**DATA FOR THIS TASK**
+---+

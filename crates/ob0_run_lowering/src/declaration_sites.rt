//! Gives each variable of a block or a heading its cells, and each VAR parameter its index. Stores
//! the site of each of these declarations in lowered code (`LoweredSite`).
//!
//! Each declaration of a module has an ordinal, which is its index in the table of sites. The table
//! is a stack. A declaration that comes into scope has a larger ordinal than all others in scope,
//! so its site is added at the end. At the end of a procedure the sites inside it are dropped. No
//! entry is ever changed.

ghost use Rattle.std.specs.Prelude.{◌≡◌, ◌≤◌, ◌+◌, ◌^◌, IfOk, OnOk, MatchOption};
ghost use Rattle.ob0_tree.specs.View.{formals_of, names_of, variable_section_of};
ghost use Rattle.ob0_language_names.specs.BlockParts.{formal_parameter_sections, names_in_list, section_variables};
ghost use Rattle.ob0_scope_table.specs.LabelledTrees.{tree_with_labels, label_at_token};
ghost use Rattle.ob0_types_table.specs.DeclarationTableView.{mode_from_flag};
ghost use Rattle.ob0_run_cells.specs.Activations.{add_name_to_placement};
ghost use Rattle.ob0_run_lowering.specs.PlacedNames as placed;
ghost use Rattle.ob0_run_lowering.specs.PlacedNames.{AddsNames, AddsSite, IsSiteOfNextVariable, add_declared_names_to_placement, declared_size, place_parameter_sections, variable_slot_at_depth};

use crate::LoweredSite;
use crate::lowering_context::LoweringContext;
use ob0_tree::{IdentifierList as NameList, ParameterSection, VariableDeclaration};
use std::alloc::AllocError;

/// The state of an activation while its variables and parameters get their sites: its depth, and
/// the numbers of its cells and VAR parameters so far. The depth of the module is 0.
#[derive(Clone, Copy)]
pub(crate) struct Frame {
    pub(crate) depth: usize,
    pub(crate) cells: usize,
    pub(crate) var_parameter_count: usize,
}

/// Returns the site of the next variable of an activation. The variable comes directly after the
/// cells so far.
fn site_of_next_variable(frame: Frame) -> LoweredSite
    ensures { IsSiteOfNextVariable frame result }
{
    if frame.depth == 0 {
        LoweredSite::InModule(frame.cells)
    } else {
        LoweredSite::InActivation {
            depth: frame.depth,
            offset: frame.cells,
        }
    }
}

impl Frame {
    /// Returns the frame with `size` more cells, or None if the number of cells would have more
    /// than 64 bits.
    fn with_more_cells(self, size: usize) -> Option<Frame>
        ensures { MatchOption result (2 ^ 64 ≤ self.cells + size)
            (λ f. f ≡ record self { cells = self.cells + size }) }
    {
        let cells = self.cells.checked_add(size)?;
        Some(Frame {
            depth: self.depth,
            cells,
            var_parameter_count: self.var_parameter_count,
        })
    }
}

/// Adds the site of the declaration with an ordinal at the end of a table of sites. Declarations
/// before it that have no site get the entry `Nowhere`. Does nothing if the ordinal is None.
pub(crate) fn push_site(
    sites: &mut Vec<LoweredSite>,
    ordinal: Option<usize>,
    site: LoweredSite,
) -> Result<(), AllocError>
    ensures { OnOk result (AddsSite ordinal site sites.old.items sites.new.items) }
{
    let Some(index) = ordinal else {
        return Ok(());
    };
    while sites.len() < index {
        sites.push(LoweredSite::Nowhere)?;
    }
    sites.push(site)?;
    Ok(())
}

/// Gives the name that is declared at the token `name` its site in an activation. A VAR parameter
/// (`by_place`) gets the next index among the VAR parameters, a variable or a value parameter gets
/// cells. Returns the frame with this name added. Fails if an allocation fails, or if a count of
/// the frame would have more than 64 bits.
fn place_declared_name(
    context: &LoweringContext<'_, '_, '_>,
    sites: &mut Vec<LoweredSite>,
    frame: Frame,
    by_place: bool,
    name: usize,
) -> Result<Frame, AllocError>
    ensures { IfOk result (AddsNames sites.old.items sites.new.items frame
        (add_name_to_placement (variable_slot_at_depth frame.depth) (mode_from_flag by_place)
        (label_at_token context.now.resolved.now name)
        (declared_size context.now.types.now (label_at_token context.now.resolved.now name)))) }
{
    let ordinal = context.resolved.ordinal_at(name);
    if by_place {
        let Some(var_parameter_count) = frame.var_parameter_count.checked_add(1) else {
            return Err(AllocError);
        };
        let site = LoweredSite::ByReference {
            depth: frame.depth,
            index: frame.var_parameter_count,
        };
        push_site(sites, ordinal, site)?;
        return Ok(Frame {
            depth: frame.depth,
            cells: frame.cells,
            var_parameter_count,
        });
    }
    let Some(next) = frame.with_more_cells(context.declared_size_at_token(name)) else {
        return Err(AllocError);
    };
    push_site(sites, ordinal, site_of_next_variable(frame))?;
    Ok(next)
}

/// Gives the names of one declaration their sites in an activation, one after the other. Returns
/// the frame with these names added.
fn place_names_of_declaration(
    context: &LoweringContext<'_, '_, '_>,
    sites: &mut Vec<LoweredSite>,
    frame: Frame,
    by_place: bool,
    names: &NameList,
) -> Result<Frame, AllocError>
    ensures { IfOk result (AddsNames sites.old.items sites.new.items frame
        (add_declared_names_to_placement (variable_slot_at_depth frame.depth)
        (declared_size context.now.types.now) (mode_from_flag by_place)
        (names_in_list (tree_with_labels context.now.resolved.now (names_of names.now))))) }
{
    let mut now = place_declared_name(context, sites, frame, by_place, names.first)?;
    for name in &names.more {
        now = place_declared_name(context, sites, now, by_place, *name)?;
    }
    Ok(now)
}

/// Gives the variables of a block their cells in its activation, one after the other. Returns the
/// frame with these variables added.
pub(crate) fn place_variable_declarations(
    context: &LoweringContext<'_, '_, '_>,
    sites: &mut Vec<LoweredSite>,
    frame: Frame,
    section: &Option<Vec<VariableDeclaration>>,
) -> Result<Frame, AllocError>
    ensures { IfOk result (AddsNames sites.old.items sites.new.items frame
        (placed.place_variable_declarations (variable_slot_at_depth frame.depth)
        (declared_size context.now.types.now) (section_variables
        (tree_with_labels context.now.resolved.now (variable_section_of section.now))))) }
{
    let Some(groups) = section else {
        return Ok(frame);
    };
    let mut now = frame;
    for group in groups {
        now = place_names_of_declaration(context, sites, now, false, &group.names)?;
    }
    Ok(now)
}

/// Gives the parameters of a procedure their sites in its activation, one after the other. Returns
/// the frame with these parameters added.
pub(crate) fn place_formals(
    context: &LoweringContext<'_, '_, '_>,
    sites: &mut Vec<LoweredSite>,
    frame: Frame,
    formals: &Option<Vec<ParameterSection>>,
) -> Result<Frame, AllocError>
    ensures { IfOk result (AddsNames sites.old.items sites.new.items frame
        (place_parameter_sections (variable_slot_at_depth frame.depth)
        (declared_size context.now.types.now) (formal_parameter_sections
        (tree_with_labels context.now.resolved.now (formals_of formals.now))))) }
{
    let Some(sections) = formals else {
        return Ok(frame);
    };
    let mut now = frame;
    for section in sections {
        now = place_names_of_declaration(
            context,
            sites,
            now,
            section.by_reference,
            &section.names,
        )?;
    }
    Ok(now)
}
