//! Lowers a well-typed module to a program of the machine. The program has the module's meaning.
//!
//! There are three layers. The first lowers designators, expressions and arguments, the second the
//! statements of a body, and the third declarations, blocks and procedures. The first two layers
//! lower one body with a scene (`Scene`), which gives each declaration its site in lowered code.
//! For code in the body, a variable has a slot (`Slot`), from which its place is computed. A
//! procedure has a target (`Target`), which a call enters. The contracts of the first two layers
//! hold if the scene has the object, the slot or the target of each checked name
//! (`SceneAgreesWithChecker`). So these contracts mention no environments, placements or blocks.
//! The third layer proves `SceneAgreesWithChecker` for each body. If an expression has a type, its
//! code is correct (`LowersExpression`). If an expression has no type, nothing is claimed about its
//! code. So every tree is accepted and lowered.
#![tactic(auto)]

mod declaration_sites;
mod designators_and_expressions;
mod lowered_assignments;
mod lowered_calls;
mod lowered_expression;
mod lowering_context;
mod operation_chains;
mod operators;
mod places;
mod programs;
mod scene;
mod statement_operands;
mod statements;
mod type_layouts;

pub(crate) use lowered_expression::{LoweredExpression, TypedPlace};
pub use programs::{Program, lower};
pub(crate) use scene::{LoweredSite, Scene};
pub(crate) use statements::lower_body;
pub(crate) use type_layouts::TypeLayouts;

+---+

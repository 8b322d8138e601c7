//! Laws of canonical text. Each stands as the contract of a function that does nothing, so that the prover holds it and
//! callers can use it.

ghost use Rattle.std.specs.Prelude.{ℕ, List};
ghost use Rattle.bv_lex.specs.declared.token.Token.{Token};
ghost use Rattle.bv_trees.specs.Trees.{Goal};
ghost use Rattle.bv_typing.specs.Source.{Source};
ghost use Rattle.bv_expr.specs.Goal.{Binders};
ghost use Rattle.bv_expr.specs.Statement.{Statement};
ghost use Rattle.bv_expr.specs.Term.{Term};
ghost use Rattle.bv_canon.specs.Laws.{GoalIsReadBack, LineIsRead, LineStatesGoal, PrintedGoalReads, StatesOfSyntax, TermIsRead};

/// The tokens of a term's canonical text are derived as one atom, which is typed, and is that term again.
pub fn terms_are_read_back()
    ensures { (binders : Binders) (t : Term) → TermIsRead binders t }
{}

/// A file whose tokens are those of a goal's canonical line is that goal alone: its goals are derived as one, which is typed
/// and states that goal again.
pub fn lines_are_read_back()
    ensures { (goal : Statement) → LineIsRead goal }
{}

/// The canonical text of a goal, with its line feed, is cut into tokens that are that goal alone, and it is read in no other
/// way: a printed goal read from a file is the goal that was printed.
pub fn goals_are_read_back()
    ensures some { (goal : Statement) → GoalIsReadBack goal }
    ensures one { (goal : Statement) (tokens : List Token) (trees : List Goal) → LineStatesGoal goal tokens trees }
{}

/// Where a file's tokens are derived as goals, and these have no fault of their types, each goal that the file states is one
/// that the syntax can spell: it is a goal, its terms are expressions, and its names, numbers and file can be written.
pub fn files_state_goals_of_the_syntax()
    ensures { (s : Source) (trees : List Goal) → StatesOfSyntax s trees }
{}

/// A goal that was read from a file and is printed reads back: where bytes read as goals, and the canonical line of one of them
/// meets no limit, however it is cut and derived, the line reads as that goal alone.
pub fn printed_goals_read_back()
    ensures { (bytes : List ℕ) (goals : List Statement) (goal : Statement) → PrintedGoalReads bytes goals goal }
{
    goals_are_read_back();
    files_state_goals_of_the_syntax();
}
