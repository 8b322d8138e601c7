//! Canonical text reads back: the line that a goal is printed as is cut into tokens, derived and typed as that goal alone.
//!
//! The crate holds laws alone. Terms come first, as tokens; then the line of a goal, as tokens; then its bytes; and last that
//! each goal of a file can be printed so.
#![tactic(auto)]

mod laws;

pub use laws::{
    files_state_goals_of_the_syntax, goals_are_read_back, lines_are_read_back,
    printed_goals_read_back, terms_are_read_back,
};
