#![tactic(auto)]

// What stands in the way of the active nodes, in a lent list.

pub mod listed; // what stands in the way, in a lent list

+---+

**ABOUT THIS TASK**
Note each line above that holds "third", then copy all of them.

**FINISHED TASK**
//! statements of a body, and the third declarations, blocks and procedures. The first two layers
//! The third layer proves `SceneAgreesWithChecker` for each body. If an expression has a type, its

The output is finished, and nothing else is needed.